Gamers for Freedom organizing BlizzCon protest to support Hong Kong

By Olivia Richman


Oct 14, 2019

Reading time: 2 min

When you enter the GamersForFreedom website, the first thing you see are masked protesters holding up American flags in solidarity with the Hong Kong protesters. Scroll down a little, and you’ll see a paragraph that ends with the statement “support free speech for gamers in America, Hong Kong, China, and everywhere else we play.”

While the protests in Hong Kong have been going on for months now, the gaming community became more aware of the country’s plight when Hearthstone Grandmasters player Chung “blitzchung” Ng Wai was banned from competitive play by Blizzard after making a political statement in support of the protesters in a post-game interview. 

Since then, gamers have been just a small segment of those criticizing the publisher for disallowing freedom of speech and seemingly sacrificing its scruples to ensure a place in the Chinese market. Many have called for a boycott of their games, including Overwatch and World of Warcraft, while others have used the company’s video game characters in pro-Hong Kong propaganda. 

But gamers are about to make their biggest statement against Blizzard yet. 

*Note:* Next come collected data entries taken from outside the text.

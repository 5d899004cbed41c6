//! The assertions on values of each type (JSON Schema Validation, section 6.1).
ghost use Rattle.std.specs.Prelude.{◌≡◌, ◌++◌, IfOk, IfErr, codes, string_bytes};
ghost use Rattle.js_doc.specs.Seen.{value_of};
ghost use Rattle.js_doc.specs.Value.{list, items};
ghost use Rattle.js_assert.specs.AnyType.{any_type_argument, any_type_keyword, any_type_says, any_type_text, type_of};
ghost use Rattle.js_assert.specs.Seen.{IsTestOf};
ghost use Rattle.js_assert.specs.Shape.{IsFaultOf};

use crate::argument_shape::{choices, constant, types};
use crate::assertion::Test;
use crate::choices::Choices;
use crate::fault::KeywordFault;
use crate::instance_type::{InstanceType, is_of_any};
use crate::text_parts::words;
use js_doc::{Doc, Memory};
use js_keyword::{AnyTypeKeyword, AssertionKeyword};
use std::alloc::Global;

/// What a keyword tests, with its argument read. `type` names one type, or a list of them. What is larger than a list's
/// head is boxed: most keywords hold less.
#[derive(Drop)]
pub(crate) enum AnyTypeTest {
    Type(InstanceType),
    Types(Vec<InstanceType>),
    Enum(Box<Choices>),
    Const(Box<Doc>),
}

impl AnyTypeTest {
    pub(crate) fn read(
        alloc: Global,
        keyword: AnyTypeKeyword,
        argument: &Doc,
    ) -> Result<AnyTypeTest, KeywordFault>
        ensures ok { IfOk result
            (λ t. IsTestOf (AssertionKeyword.AnyType keyword) (value_of argument.now) (Test.AnyType t)) }
        ensures refused { IfErr result (IsFaultOf (AssertionKeyword.AnyType keyword) (value_of argument.now)) }
    {
        match keyword {
            AnyTypeKeyword::Type => Ok(types(alloc, argument)?),
            AnyTypeKeyword::Enum => Ok(AnyTypeTest::Enum(choices(alloc, argument)?)),
            AnyTypeKeyword::Const => Ok(AnyTypeTest::Const(constant(alloc, argument)?)),
        }
    }

    pub(crate) fn keyword(&self) -> AnyTypeKeyword
        ensures { result ≡ any_type_keyword self.now }
    {
        match self {
            AnyTypeTest::Type(_) => AnyTypeKeyword::Type,
            AnyTypeTest::Types(_) => AnyTypeKeyword::Type,
            AnyTypeTest::Enum(_) => AnyTypeKeyword::Enum,
            AnyTypeTest::Const(_) => AnyTypeKeyword::Const,
        }
    }

    /// Whether the value meets the test.
    pub(crate) fn holds(&self, value: &Doc) -> bool
        ensures { result
            ≡ any_type_says (any_type_argument self.now) (any_type_keyword self.now) (value_of value.now) }
    {
        match self {
            AnyTypeTest::Type(one) => one.takes(value),
            AnyTypeTest::Types(several) => is_of_any(several.as_slice(), value),
            AnyTypeTest::Enum(choices) => is_listed(choices, value),
            AnyTypeTest::Const(doc) => **doc == *value,
        }
    }

    /// The text of the error for a value that doesn't meet the test.
    pub(crate) fn error_text(&self, alloc: Global, value: &Doc) -> Result<String, Memory>
        ensures { IfOk result (λ s.
            string_bytes s ≡ any_type_text (value_of value.now) (any_type_keyword self.now)) }
    {
        match self {
            AnyTypeTest::Type(_) => words(alloc, type_text(value)),
            AnyTypeTest::Types(_) => words(alloc, type_text(value)),
            AnyTypeTest::Enum(_) => words(alloc, "not a listed value"),
            AnyTypeTest::Const(_) => words(alloc, "not the constant"),
        }
    }
}

fn is_listed(choices: &Choices, value: &Doc) -> bool
    ensures { result ≡ any_type_says (list (items choices.now)) AnyTypeKeyword.Enum (value_of value.now) }
{
    choices.contains(value)
}

fn type_text(value: &Doc) -> &'static str
    ensures { result.now ≡ codes "type is " ++ type_of (value_of value.now) }
{
    match value {
        Doc::Null => "type is null",
        Doc::Truth(_) => "type is boolean",
        Doc::Whole(_) => "type is integer",
        Doc::Text(_) => "type is string",
        Doc::List(_) => "type is array",
        Doc::Members(_) => "type is object",
    }
}
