//! The assertions on numbers (JSON Schema Validation, section 6.2). A value of another type passes.
ghost use Rattle.std.specs.Prelude.{◌≡◌, pos, IfOk, IfErr, string_bytes};
ghost use Rattle.std.specs.Int.NonZero.{non_zero_u64_get};
ghost use Rattle.js_doc.specs.Seen.{value_of};
ghost use Rattle.js_assert.specs.Argument.{on_number};
ghost use Rattle.js_assert.specs.Numbers.{divides, number_argument, number_keyword, number_says, number_text};
ghost use Rattle.js_assert.specs.Seen.{IsTestOf};
ghost use Rattle.js_assert.specs.Shape.{IsFaultOf};

use crate::argument_shape::{divisor, limit};
use crate::assertion::Test;
use crate::fault::KeywordFault;
use crate::text_parts::before_number;
use js_doc::{Doc, Memory, Whole};
use js_keyword::{AssertionKeyword, NumberKeyword};
use std::alloc::Global;
use std::num::NonZeroU64;

/// What a keyword tests, with its argument read. The limits are boxed: they are aligned as numbers of 128 bits.
#[derive(Drop)]
pub(crate) enum NumberTest {
    MultipleOf(NonZeroU64),
    Maximum(Box<Whole>),
    ExclusiveMaximum(Box<Whole>),
    Minimum(Box<Whole>),
    ExclusiveMinimum(Box<Whole>),
}

impl NumberTest {
    pub(crate) fn read(
        alloc: Global,
        keyword: NumberKeyword,
        argument: &Doc,
    ) -> Result<NumberTest, KeywordFault>
        ensures ok { IfOk result
            (λ t. IsTestOf (AssertionKeyword.Number keyword) (value_of argument.now) (Test.Number t)) }
        ensures refused { IfErr result (IsFaultOf (AssertionKeyword.Number keyword) (value_of argument.now)) }
    {
        match keyword {
            NumberKeyword::MultipleOf => Ok(NumberTest::MultipleOf(divisor(argument)?)),
            NumberKeyword::Maximum => Ok(NumberTest::Maximum(limit(alloc, argument)?)),
            NumberKeyword::ExclusiveMaximum => {
                Ok(NumberTest::ExclusiveMaximum(limit(alloc, argument)?))
            }
            NumberKeyword::Minimum => Ok(NumberTest::Minimum(limit(alloc, argument)?)),
            NumberKeyword::ExclusiveMinimum => {
                Ok(NumberTest::ExclusiveMinimum(limit(alloc, argument)?))
            }
        }
    }

    pub(crate) fn keyword(&self) -> NumberKeyword
        ensures { result ≡ number_keyword self.now }
    {
        match self {
            NumberTest::MultipleOf(_) => NumberKeyword::MultipleOf,
            NumberTest::Maximum(_) => NumberKeyword::Maximum,
            NumberTest::ExclusiveMaximum(_) => NumberKeyword::ExclusiveMaximum,
            NumberTest::Minimum(_) => NumberKeyword::Minimum,
            NumberTest::ExclusiveMinimum(_) => NumberKeyword::ExclusiveMinimum,
        }
    }

    /// Whether the value meets the test.
    pub(crate) fn holds(&self, value: &Doc) -> bool
        ensures { result
            ≡ on_number (value_of value.now) (number_says (number_argument self.now) (number_keyword self.now)) }
    {
        match value {
            Doc::Whole(number) => self.is_met_by(number.value()),
            _ => true,
        }
    }

    fn is_met_by(&self, number: i128) -> bool
        ensures { result ≡ number_says (number_argument self.now) (number_keyword self.now) number }
    {
        match self {
            NumberTest::MultipleOf(divisor) => is_multiple(number, *divisor),
            NumberTest::Maximum(limit) => number <= limit.value(),
            NumberTest::ExclusiveMaximum(limit) => number < limit.value(),
            NumberTest::Minimum(limit) => number >= limit.value(),
            NumberTest::ExclusiveMinimum(limit) => number > limit.value(),
        }
    }

    /// The text of the error for a value that doesn't meet the test.
    pub(crate) fn error_text(&self, alloc: Global) -> Result<String, Memory>
        ensures { IfOk result (λ s.
            string_bytes s ≡ number_text (number_argument self.now) (number_keyword self.now)) }
    {
        match self {
            NumberTest::MultipleOf(divisor) => {
                before_number(alloc, "not a multiple of ", i128::from(divisor.get()))
            }
            NumberTest::Maximum(limit) => before_number(alloc, "greater than ", limit.value()),
            NumberTest::ExclusiveMaximum(limit) => {
                before_number(alloc, "not less than ", limit.value())
            }
            NumberTest::Minimum(limit) => before_number(alloc, "less than ", limit.value()),
            NumberTest::ExclusiveMinimum(limit) => {
                before_number(alloc, "not greater than ", limit.value())
            }
        }
    }
}

fn is_multiple(number: i128, divisor: NonZeroU64) -> bool
    ensures { result ≡ divides (pos (non_zero_u64_get divisor)) number }
{
    number.unsigned_abs() % u128::from(divisor.get()) == 0
}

Gamers for Freedom to protest at BlizzCon 2019


Nonprofit activist group Fight for the Future has organized a campaign known as Gamers for Freedom, calling upon gamers to show up at BlizzCon on November 1 and protest Blizzard’s continued censorship. 

The gamers and activists have set up a Discord to plan the protest, where they are currently discussing everything from cosplay to signage. Despite being in its early stages, Fight for the Future deputy director Evan Greer is expecting things to grow as BlizzCon approaches. 

“This is not going away. Blizzard, and other companies who are engaging in censorship on behalf of an authoritarian government, are not going to get away with it. They have no idea what kind of Internet shitstorm they’ve unleashed,” stated Greer. 

He went on to say that Gamers for Freedom will be “making an example” out of Blizzard, warning other companies within video game industry of the consequences if they also choose to “throw human rights and freedom of expression under the bus” in hopes of making more money. 

“It will not be tolerated,” Greer said. 

As of writing this piece, the Discord group is discussing what they’ll do if Blizzard attempts to shut down the protest. They are also wondering if their employers will fire them for peacefully protesting outside of BlizzCon.